**Work request:** Each record must reappear in the answer exactly as it is written.
Content starts
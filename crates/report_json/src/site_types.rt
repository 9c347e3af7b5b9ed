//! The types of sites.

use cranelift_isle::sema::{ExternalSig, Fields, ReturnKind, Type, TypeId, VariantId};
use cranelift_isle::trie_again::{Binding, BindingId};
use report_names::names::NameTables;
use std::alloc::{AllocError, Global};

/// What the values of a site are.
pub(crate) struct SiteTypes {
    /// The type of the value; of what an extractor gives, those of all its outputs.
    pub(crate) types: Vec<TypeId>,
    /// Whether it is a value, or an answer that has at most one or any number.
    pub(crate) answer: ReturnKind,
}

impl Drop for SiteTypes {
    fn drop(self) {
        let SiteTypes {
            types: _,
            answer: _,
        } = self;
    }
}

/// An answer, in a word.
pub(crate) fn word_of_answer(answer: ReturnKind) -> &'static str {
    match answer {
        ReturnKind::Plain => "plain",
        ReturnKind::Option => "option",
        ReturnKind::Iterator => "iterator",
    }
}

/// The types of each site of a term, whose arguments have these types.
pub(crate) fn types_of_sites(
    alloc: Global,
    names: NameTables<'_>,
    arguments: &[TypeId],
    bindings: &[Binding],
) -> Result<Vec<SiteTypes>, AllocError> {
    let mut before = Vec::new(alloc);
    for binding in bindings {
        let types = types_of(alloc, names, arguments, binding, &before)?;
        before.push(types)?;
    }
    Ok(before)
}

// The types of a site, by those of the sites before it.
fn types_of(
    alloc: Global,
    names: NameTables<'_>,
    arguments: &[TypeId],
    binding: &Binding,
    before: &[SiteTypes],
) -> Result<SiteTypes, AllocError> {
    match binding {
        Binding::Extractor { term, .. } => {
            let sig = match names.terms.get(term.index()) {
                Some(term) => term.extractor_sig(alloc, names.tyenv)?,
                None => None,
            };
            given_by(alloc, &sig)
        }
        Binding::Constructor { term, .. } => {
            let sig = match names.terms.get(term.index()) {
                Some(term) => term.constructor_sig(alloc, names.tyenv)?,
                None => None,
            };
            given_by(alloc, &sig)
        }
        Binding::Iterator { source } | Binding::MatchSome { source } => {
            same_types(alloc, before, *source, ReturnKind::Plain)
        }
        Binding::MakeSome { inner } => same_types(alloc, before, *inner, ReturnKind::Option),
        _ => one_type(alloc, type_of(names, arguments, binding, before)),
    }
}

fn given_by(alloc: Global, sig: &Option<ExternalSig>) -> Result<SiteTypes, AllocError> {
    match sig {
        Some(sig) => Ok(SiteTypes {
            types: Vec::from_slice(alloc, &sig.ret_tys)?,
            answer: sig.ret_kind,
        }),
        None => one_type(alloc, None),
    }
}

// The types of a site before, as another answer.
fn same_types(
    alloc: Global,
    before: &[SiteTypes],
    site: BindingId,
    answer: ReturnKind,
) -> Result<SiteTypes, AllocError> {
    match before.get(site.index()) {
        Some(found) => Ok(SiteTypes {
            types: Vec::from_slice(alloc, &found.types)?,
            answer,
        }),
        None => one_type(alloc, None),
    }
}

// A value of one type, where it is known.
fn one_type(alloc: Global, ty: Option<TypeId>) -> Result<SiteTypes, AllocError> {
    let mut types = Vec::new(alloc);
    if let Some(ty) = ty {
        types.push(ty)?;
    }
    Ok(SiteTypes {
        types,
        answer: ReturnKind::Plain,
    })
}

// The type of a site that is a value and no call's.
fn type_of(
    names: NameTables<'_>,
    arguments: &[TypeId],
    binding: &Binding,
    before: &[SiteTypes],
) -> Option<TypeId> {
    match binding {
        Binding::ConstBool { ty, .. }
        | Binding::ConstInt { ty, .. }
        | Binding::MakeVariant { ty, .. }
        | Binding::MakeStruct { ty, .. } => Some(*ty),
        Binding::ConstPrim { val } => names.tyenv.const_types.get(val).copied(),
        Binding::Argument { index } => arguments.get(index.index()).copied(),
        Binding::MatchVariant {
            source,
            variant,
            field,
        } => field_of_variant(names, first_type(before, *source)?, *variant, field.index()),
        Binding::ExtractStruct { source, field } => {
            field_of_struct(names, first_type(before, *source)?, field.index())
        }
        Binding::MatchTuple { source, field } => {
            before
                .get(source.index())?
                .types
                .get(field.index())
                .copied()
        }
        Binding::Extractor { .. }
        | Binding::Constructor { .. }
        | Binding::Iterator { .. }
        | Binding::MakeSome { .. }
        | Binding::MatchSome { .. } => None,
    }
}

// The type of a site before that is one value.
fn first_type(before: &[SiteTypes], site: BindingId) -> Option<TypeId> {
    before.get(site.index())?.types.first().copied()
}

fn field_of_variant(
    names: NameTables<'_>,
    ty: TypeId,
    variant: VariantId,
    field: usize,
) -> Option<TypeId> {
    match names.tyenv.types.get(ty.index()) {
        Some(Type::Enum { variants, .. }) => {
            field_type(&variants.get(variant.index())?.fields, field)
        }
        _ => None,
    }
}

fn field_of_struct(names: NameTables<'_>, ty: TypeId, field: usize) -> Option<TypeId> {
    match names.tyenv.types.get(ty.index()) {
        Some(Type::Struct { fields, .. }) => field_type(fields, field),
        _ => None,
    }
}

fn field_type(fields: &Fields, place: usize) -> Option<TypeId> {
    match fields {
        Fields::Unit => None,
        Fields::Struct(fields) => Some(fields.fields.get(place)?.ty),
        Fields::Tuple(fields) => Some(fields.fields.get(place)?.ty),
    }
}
Content ends
**Exercise response:**
filename crates/report_json/src/site_types.rt
repository 9c347e3af7b5b9ed
//! The types of sites.

use cranelift_isle::sema::{ExternalSig, Fields, ReturnKind, Type, TypeId, VariantId};
use cranelift_isle::trie_again::{Binding, BindingId};
use report_names::names::NameTables;
use std::alloc::{AllocError, Global};

/// What the values of a site are.
pub(crate) struct SiteTypes {
    /// The type of the value; of what an extractor gives, those of all its outputs.
    pub(crate) types: Vec<TypeId>,
    /// Whether it is a value, or an answer that has at most one or any number.
    pub(crate) answer: ReturnKind,
}

impl Drop for SiteTypes {
    fn drop(self) {
        let SiteTypes {
            types: _,
            answer: _,
        } = self;
    }
}

/// An answer, in a word.
pub(crate) fn word_of_answer(answer: ReturnKind) -> &'static str {
    match answer {
        ReturnKind::Plain => "plain",
        ReturnKind::Option => "option",
        ReturnKind::Iterator => "iterator",
    }
}

/// The types of each site of a term, whose arguments have these types.
pub(crate) fn types_of_sites(
    alloc: Global,
    names: NameTables<'_>,
    arguments: &[TypeId],
    bindings: &[Binding],
) -> Result<Vec<SiteTypes>, AllocError> {
    let mut before = Vec::new(alloc);
    for binding in bindings {
        let types = types_of(alloc, names, arguments, binding, &before)?;
        before.push(types)?;
    }
    Ok(before)
}

// The types of a site, by those of the sites before it.
fn types_of(
    alloc: Global,
    names: NameTables<'_>,
    arguments: &[TypeId],
    binding: &Binding,
    before: &[SiteTypes],
) -> Result<SiteTypes, AllocError> {
    match binding {
        Binding::Extractor { term, .. } => {
            let sig = match names.terms.get(term.index()) {
                Some(term) => term.extractor_sig(alloc, names.tyenv)?,
                None => None,
            };
            given_by(alloc, &sig)
        }
        Binding::Constructor { term, .. } => {
            let sig = match names.terms.get(term.index()) {
                Some(term) => term.constructor_sig(alloc, names.tyenv)?,
                None => None,
            };
            given_by(alloc, &sig)
        }
        Binding::Iterator { source } | Binding::MatchSome { source } => {
            same_types(alloc, before, *source, ReturnKind::Plain)
        }
        Binding::MakeSome { inner } => same_types(alloc, before, *inner, ReturnKind::Option),
        _ => one_type(alloc, type_of(names, arguments, binding, before)),
    }
}

fn given_by(alloc: Global, sig: &Option<ExternalSig>) -> Result<SiteTypes, AllocError> {
    match sig {
        Some(sig) => Ok(SiteTypes {
            types: Vec::from_slice(alloc, &sig.ret_tys)?,
            answer: sig.ret_kind,
        }),
        None => one_type(alloc, None),
    }
}

// The types of a site before, as another answer.
fn same_types(
    alloc: Global,
    before: &[SiteTypes],
    site: BindingId,
    answer: ReturnKind,
) -> Result<SiteTypes, AllocError> {
    match before.get(site.index()) {
        Some(found) => Ok(SiteTypes {
            types: Vec::from_slice(alloc, &found.types)?,
            answer,
        }),
        None => one_type(alloc, None),
    }
}

// A value of one type, where it is known.
fn one_type(alloc: Global, ty: Option<TypeId>) -> Result<SiteTypes, AllocError> {
    let mut types = Vec::new(alloc);
    if let Some(ty) = ty {
        types.push(ty)?;
    }
    Ok(SiteTypes {
        types,
        answer: ReturnKind::Plain,
    })
}

// The type of a site that is a value and no call's.
fn type_of(
    names: NameTables<'_>,
    arguments: &[TypeId],
    binding: &Binding,
    before: &[SiteTypes],
) -> Option<TypeId> {
    match binding {
        Binding::ConstBool { ty, .. }
        | Binding::ConstInt { ty, .. }
        | Binding::MakeVariant { ty, .. }
        | Binding::MakeStruct { ty, .. } => Some(*ty),
        Binding::ConstPrim { val } => names.tyenv.const_types.get(val).copied(),
        Binding::Argument { index } => arguments.get(index.index()).copied(),
        Binding::MatchVariant {
            source,
            variant,
            field,
        } => field_of_variant(names, first_type(before, *source)?, *variant, field.index()),
        Binding::ExtractStruct { source, field } => {
            field_of_struct(names, first_type(before, *source)?, field.index())
        }
        Binding::MatchTuple { source, field } => {
            before
                .get(source.index())?
                .types
                .get(field.index())
                .copied()
        }
        Binding::Extractor { .. }
        | Binding::Constructor { .. }
        | Binding::Iterator { .. }
        | Binding::MakeSome { .. }
        | Binding::MatchSome { .. } => None,
    }
}

// The type of a site before that is one value.
fn first_type(before: &[SiteTypes], site: BindingId) -> Option<TypeId> {
    before.get(site.index())?.types.first().copied()
}

fn field_of_variant(
    names: NameTables<'_>,
    ty: TypeId,
    variant: VariantId,
    field: usize,
) -> Option<TypeId> {
    match names.tyenv.types.get(ty.index()) {
        Some(Type::Enum { variants, .. }) => {
            field_type(&variants.get(variant.index())?.fields, field)
        }
        _ => None,
    }
}

fn field_of_struct(names: NameTables<'_>, ty: TypeId, field: usize) -> Option<TypeId> {
    match names.tyenv.types.get(ty.index()) {
        Some(Type::Struct { fields, .. }) => field_type(fields, field),
        _ => None,
    }
}

fn field_type(fields: &Fields, place: usize) -> Option<TypeId> {
    match fields {
        Fields::Unit => None,
        Fields::Struct(fields) => Some(fields.fields.get(place)?.ty),
        Fields::Tuple(fields) => Some(fields.fields.get(place)?.ty),
    }
}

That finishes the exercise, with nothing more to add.